[Start of Attachment]

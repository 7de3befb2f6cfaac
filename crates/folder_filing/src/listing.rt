//! Lists a folder of received files, to continue its numbering.

use crate::drafts::{DraftPath, is_further_draft};
use crate::location::{Layout, Location};
use crate::names::EntryKind;
use std::alloc::{AllocError, Allocator};
use std::io::ErrorKind;
use std::rt::Files;
use std::{fs, io};

/// Returns the greatest number in names of this kind in a folder, if there is one, and the drafts of
/// all filings but the first: `DRAFT2` and so on. Ignores other names.
///
/// Fails if the folder cannot be listed to its end, or memory runs out.
fn entries_of<R: Files + Alloc + Clone + Drop>(
    rt: &R,
    dir: &str,
    kind: EntryKind,
) -> io::Result<(Option<u32>, Vec<DraftPath<R::A>, R::A>)> {
    let mut highest = None;
    let mut drafts = Vec::new(rt.alloc());
    for entry in fs::read_dir(rt, dir)? {
        match entry {
            Ok(entry) => {
                highest = highest.max(kind.number_of(&entry)?);
                if is_further_draft(entry.file_name()) {
                    drafts.push(DraftPath::found(rt.alloc(), dir, entry.file_name())?)?;
                }
            }
            // A name that is not UTF-8 is neither a number nor a draft.
            Err(error) if error.kind() == ErrorKind::InvalidFilename => {}
            Err(error) => return Err(error),
        }
    }
    Ok((highest, drafts))
}

/// Returns the path of the subfolder with this number.
pub(crate) fn folder_path<A: Allocator>(
    alloc: A,
    dir: &str,
    folder: u32,
) -> Result<String<A>, AllocError> {
    let name = EntryKind::Folder.name(folder);
    format!(in alloc; "{dir}/{name}")
}

/// What a folder of received files has, as far as its writer needs it.
#[derive(Drop)]
pub(crate) struct FolderContents<A: Allocator> {
    /// The location of the last file; its file number is 0 if there is none.
    pub(crate) last: Location,
    /// The drafts of a killed writer, except that of its first filing.
    pub(crate) drafts: Vec<DraftPath<A>, A>,
}

/// Returns the location of the last file of a folder with subfolders of `per` files. `highest` is
/// the greatest number of a subfolder.
fn last_in_levels<R: Files + Alloc + Clone + Drop>(
    rt: &R,
    dir: &str,
    per: u32,
    highest: Option<u32>,
) -> io::Result<Location> {
    // Without a subfolder, a subfolder 0 counts as full: the next file opens subfolder 1.
    let Some(folder) = highest else {
        return Ok(Location {
            folder: 0,
            file: per,
        });
    };
    let path = folder_path(rt.alloc(), dir, folder)?;
    let (file, _drafts) = entries_of(rt, path.as_str(), EntryKind::File)?;
    Ok(Location {
        folder,
        file: file.unwrap_or(0),
    })
}

/// Lists a folder of received files. Fails if it, or its last subfolder, cannot be listed.
pub(crate) fn contents_of<R: Files + Alloc + Clone + Drop>(
    rt: &R,
    dir: &str,
    layout: Layout,
) -> io::Result<FolderContents<R::A>> {
    let kind = match layout {
        Layout::Flat => EntryKind::File,
        Layout::Levels { .. } => EntryKind::Folder,
    };
    let (highest, drafts) = entries_of(rt, dir, kind)?;
    let last = match layout {
        Layout::Flat => Location {
            folder: 0,
            file: highest.unwrap_or(0),
        },
        Layout::Levels { per } => last_in_levels(rt, dir, per, highest)?,
    };
    Ok(FolderContents { last, drafts })
}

[End of Attachment]

All lines of the material that contain the string "received" are to be copied.

//! Lists a folder of received files, to continue its numbering.
/// What a folder of received files has, as far as its writer needs it.
/// Lists a folder of received files. Fails if it, or its last subfolder, cannot be listed.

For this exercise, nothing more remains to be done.